■ **HOW TO COMPLETE THIS TASK**: Write down, unchanged, the entries from the first line through the line holding "how many, line". Include no other line.

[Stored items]
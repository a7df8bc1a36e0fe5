//! A certificate as a value: its form, its givens and its steps.

ghost use Rattle.std.specs.Prelude.{◌≡◌, ◌+◌, ◌<◌, ◌≤◌, ◌↔◌, length, take, IfOk, IsTrue};
ghost use Rattle.std.specs.List.{AllByRecursion};
ghost use Rattle.cert_text.specs.Cert.{AreLongest, AreOfForm, AreOrdered, AreRuns, CanHaveGivens, HasRuns, IsCert, IsLongest, IsOfForm, IsOfLemmas, IsOfTree, IsRun, IsWritable, ShareWord, certificate, place_of};

use crate::cert_line::{CellNumber, CertLine, Literal};
use crate::form::Form;
use crate::runs::MAX_RUN;
use std::alloc::{AllocError, Global};
use std::marker::Model;

/// A certificate, as a text of its form has it.
#[derive(Drop)]
pub struct Cert {
    form: Form,
    givens: Vec<CellNumber>,
    lines: Vec<CertLine>,
    runs: Vec<u16>,
}

impl Model for Cert {
    ghost use Rattle.cert_text.specs.Cert.{Certificate, certificate};

    ghost Value = { Certificate };

    ghost view = { λ c. certificate c.form c.givens.items c.lines.items c.runs.items };
}

impl Cert {
    /// The certificate with these givens and steps. In the form `LemmaRuns` a line of its text has one step or more, and
    /// `runs` says how many, line by line; in the others `runs` is empty.
    pub fn new(form: Form, givens: Vec<CellNumber>, lines: Vec<CertLine>, runs: Vec<u16>) -> Cert
        ensures { result ≡ certificate form givens.items lines.items runs.items }
    {
        Cert {
            form,
            givens,
            lines,
            runs,
        }
    }

    /// The form.
    pub fn form(&self) -> Form
        ensures { result ≡ self.now.form }
    {
        self.form
    }

    /// The cells that are given, in the order of rows.
    pub fn givens(&self) -> &[CellNumber]
        ensures { result.now ≡ self.now.givens }
    {
        &self.givens
    }

    /// The steps below the givens. In trees each branch is complete before the next, if the certificate is right.
    pub fn lines(&self) -> &[CertLine]
        ensures { result.now ≡ self.now.lines }
    {
        &self.lines
    }

    /// How many steps each line of the text has, in the form `LemmaRuns`. Empty in the others, where each has one.
    pub fn runs(&self) -> &[u16]
        ensures { result.now ≡ self.now.runs }
    {
        &self.runs
    }

    /// The number of the line of the text that has a step, by its index. That of the line that is missing, for the index
    /// behind the last.
    pub fn place_of(&self, step: usize) -> usize
        requires { step ≤ length self.now.lines }
        ensures { result ≡ place_of self.now.runs (2 + length self.now.givens) step }
    {
        let mut place = 2 + self.givens().len();
        let mut left = step;
        for run in &self.runs {
            let run = usize::from(*run);
            if left < run {
                return place;
            }
            left -= run;
            place += 1;
        }
        place + left
    }

    /// Whether the text that is written for the certificate is read as the same certificate. Then the givens are in the
    /// order of rows, none twice; the steps are the form's, and the runs are those of lines; numbers have at most three
    /// digits, and each literal names a colour.
    pub fn is_writable(&self) -> bool
        ensures { IsTrue result ↔ IsCert self.now }
    {
        can_have_givens(self.form, &self.givens)
            && are_of_form(self.form, &self.lines)
            && has_runs(self.form, &self.runs, &self.lines)
    }
}

impl Literal {
    // Whether it can be written: its numbers have at most three digits, and it names a colour.
    fn is_writable(self) -> bool
        ensures { IsTrue result ↔ IsWritable self }
    {
        self.cell.row < 1000 && self.cell.col < 1000 && self.colours > 0
    }
}

impl CertLine {
    // Whether a text of the form can have the step.
    fn is_of_form(self, form: Form) -> bool
        ensures { IsTrue result ↔ IsOfForm form self }
    {
        match form {
            Form::Tree | Form::GivenTree => self.is_of_tree(),
            Form::Lemmas | Form::LemmaRuns => self.is_of_lemmas(),
        }
    }

    fn is_of_tree(self) -> bool
        ensures { IsTrue result ↔ IsOfTree self }
    {
        match self {
            CertLine::Line(line) | CertLine::Dead(line) => line.number < 1000,
            CertLine::Split(cell) => cell.row < 1000 && cell.col < 1000,
            CertLine::Done => true,
            _ => false,
        }
    }

    fn is_of_lemmas(self) -> bool
        ensures { IsTrue result ↔ IsOfLemmas self }
    {
        match self {
            CertLine::Line(line) | CertLine::Dead(line) => line.number < 1000,
            CertLine::Part(literal) | CertLine::Deny(literal) => literal.is_writable(),
            CertLine::Split(_) => false,
            _ => true,
        }
    }

    // Whether a line can have both steps.
    fn shares_word(self, other: CertLine) -> bool
        ensures { IsTrue result ↔ ShareWord self other }
    {
        match (self, other) {
            (CertLine::Line(_), CertLine::Line(_)) => true,
            (CertLine::Use(_), CertLine::Use(_)) => true,
            (CertLine::Forget(_), CertLine::Forget(_)) => true,
            _ => false,
        }
    }
}

// Whether these can be the givens.
fn can_have_givens(form: Form, givens: &[CellNumber]) -> bool
    ensures { IsTrue result ↔ CanHaveGivens form givens.now }
{
    match form {
        Form::Tree => givens.is_empty(),
        _ => are_ordered(givens),
    }
}

// Whether cells are in the order of rows, none twice, by numbers of at most three digits.
fn are_ordered(cells: &[CellNumber]) -> bool
    ensures { IsTrue result ↔ AreOrdered 0 cells.now }
{
    let mut least = 0;
    for cell in cells {
        if cell.row >= 1000 || cell.col >= 1000 {
            return false;
        }
        let rank = u32::from(cell.row) * 1000 + u32::from(cell.col);
        if rank < least {
            return false;
        }
        least = rank + 1;
    }
    true
}

// Whether a text of the form can have the steps.
fn are_of_form(form: Form, lines: &[CertLine]) -> bool
    ensures { IsTrue result ↔ AreOfForm form lines.now }
{
    lines.iter().all(|line| line.is_of_form(form))
}

// Whether a line can have all these steps.
fn share_word(step: CertLine, others: &[CertLine]) -> bool
    ensures { IsTrue result ↔ AllByRecursion (ShareWord step) others.now }
{
    others.iter().all(|other| step.shares_word(*other))
}

// Whether the steps are those of one line.
fn is_run(steps: &[CertLine]) -> bool
    ensures { IsTrue result ↔ IsRun steps.now }
{
    match steps {
        [] => false,
        [step, others @ ..] => others.len() < MAX_RUN && share_word(*step, others),
    }
}

// How many of the first steps a line can have together.
fn run_at(steps: &[CertLine]) -> usize
    requires { 0 < length steps.now }
    ensures run { IsRun (take result steps.now) }
    ensures longest { IsLongest result steps.now }
    ensures some { 0 < result }
    ensures few { result ≤ length steps.now }
    ensures most { result ≤ MAX_RUN }
{
    let mut count = 1;
    while count < steps.len() && count < MAX_RUN && steps[0].shares_word(steps[count]) {
        count += 1;
    }
    count
}

/// How many steps each line has, for a certificate of the form `LemmaRuns` with these steps: as many as a line can have
/// together.
pub fn runs_of(alloc: Global, steps: &[CertLine]) -> Result<Vec<u16>, AllocError>
    ensures runs { IfOk result (λ runs. AreRuns runs.items steps.now) }
    ensures longest { IfOk result (λ runs. AreLongest runs.items steps.now) }
{
    let mut runs = Vec::new(alloc);
    let mut rest = steps;
    while !rest.is_empty() {
        let run = run_at(rest);
        runs.push(run as u16)?;
        let (_, behind) = rest.split_at(run);
        rest = behind;
    }
    Ok(runs)
}

// Whether the steps are these runs, one after another.
fn are_runs(runs: &[u16], lines: &[CertLine]) -> bool
    ensures { IsTrue result ↔ AreRuns runs.now lines.now }
{
    let mut rest = lines;
    for run in runs {
        let run = usize::from(*run);
        if run > rest.len() {
            return false;
        }
        let (steps, behind) = rest.split_at(run);
        if !is_run(steps) {
            return false;
        }
        rest = behind;
    }
    rest.is_empty()
}

// Whether the lengths of lines are those of the form.
fn has_runs(form: Form, runs: &[u16], lines: &[CertLine]) -> bool
    ensures { IsTrue result ↔ HasRuns form runs.now lines.now }
{
    match form {
        Form::LemmaRuns => are_runs(runs, lines),
        _ => runs.is_empty(),
    }
}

■ **WRITTEN REPLY**:
repository a7df8bc1a36e0fe5
//! A certificate as a value: its form, its givens and its steps.

ghost use Rattle.std.specs.Prelude.{◌≡◌, ◌+◌, ◌<◌, ◌≤◌, ◌↔◌, length, take, IfOk, IsTrue};
ghost use Rattle.std.specs.List.{AllByRecursion};
ghost use Rattle.cert_text.specs.Cert.{AreLongest, AreOfForm, AreOrdered, AreRuns, CanHaveGivens, HasRuns, IsCert, IsLongest, IsOfForm, IsOfLemmas, IsOfTree, IsRun, IsWritable, ShareWord, certificate, place_of};

use crate::cert_line::{CellNumber, CertLine, Literal};
use crate::form::Form;
use crate::runs::MAX_RUN;
use std::alloc::{AllocError, Global};
use std::marker::Model;

/// A certificate, as a text of its form has it.
#[derive(Drop)]
pub struct Cert {
    form: Form,
    givens: Vec<CellNumber>,
    lines: Vec<CertLine>,
    runs: Vec<u16>,
}

impl Model for Cert {
    ghost use Rattle.cert_text.specs.Cert.{Certificate, certificate};

    ghost Value = { Certificate };

    ghost view = { λ c. certificate c.form c.givens.items c.lines.items c.runs.items };
}

impl Cert {
    /// The certificate with these givens and steps. In the form `LemmaRuns` a line of its text has one step or more, and
    /// `runs` says how many, line by line; in the others `runs` is empty.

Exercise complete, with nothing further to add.